*What is expected*. Find how many lines of the entries contain the word "ghost", then report that figure alone.

(Recorded data Opens)

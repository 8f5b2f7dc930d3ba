//! The page check and its page faults (Intel SDM volume 3A, paging access rights and page-fault error codes).

ghost use Rattle.std.specs.Prelude.{◌≡◌};
ghost use Rattle.cet_page.specs.Page.{checked, has, index_at, page_fault, kind_allows, who_allows, is_shadow_stack_page};

use bitflags::Flags;
use cet_isa::{Fault, FaultName, PageEntry};

/// What an access to a page is for.
#[derive(Clone, Copy, Debug, PartialEq, Eq)]
pub enum Kind {
    Fetch,
    Load,
    Store,
    ShadowLoad,
    ShadowStore,
}

/// Who makes an access.
#[derive(Clone, Copy, Debug, PartialEq, Eq)]
pub enum Who {
    User,
    Supervisor,
}

/// Whether an entry has a bit.
#[tactic(auto, using(crate::proofs::PageLaws::some_bits))]
fn has(entry: u64, bit: PageEntry) -> bool
    ensures { result ≡ has entry bit.0 }
{
    PageEntry::from_bits_retain(entry).intersects(bit)
}

/// Whether an entry has D and not R/W, as those of shadow-stack pages.
fn is_shadow_stack_page(entry: u64) -> bool
    ensures { result ≡ is_shadow_stack_page entry }
{
    let both = PageEntry::D.union(PageEntry::RW);
    let entry = PageEntry::from_bits_retain(entry).intersection(both);
    entry.bits() == PageEntry::D.bits()
}

#[tactic(auto, using(crate::proofs::PageLaws::no_bits))]
fn kind_allows(kind: Kind, entry: u64) -> bool
    ensures { result ≡ kind_allows kind entry }
{
    match kind {
        Kind::Fetch => !has(entry, PageEntry::XD),
        Kind::Load => true,
        Kind::Store => has(entry, PageEntry::RW),
        Kind::ShadowLoad => is_shadow_stack_page(entry),
        Kind::ShadowStore => is_shadow_stack_page(entry),
    }
}

#[tactic(auto, using(crate::proofs::PageLaws::no_bits))]
fn who_allows(who: Who, entry: u64) -> bool
    ensures { result ≡ who_allows who entry }
{
    match who {
        Who::User => has(entry, PageEntry::US),
        Who::Supervisor => !has(entry, PageEntry::US),
    }
}

/// The page fault of an access at `addr` that saw this entry.
pub fn page_fault(entry: u64, kind: Kind, who: Who, addr: u64) -> Fault
    ensures { result ≡ page_fault entry kind who addr }
{
    let present_code = if has(entry, PageEntry::P) { 1 } else { 0 };
    let kind_code = match kind {
        Kind::Fetch => 16,
        Kind::Load => 0,
        Kind::Store => 2,
        Kind::ShadowLoad => 64,
        Kind::ShadowStore => 66,
    };
    let who_code = match who {
        Who::User => 4,
        Who::Supervisor => 0,
    };
    Fault {
        name: FaultName::Pf,
        code: present_code + kind_code + who_code,
        a: addr,
        b: entry,
    }
}

/// The page check: whether an entry lets an access pass, else its page fault.
pub fn check(entry: u64, kind: Kind, who: Who, addr: u64) -> Result<(), Fault>
    ensures { result ≡ checked entry kind who addr }
{
    if has(entry, PageEntry::P) && who_allows(who, entry) && kind_allows(kind, entry) {
        Ok(())
    } else {
        Err(page_fault(entry, kind, who, addr))
    }
}

/// The index of an address in its page table: bits 20 to 12.
pub fn index_of(addr: u64) -> u16
    ensures { result ≡ index_at addr }
{
    (addr / 4096 % 512) as u16
}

(Recorded data Closes)

*Exercise result*. 2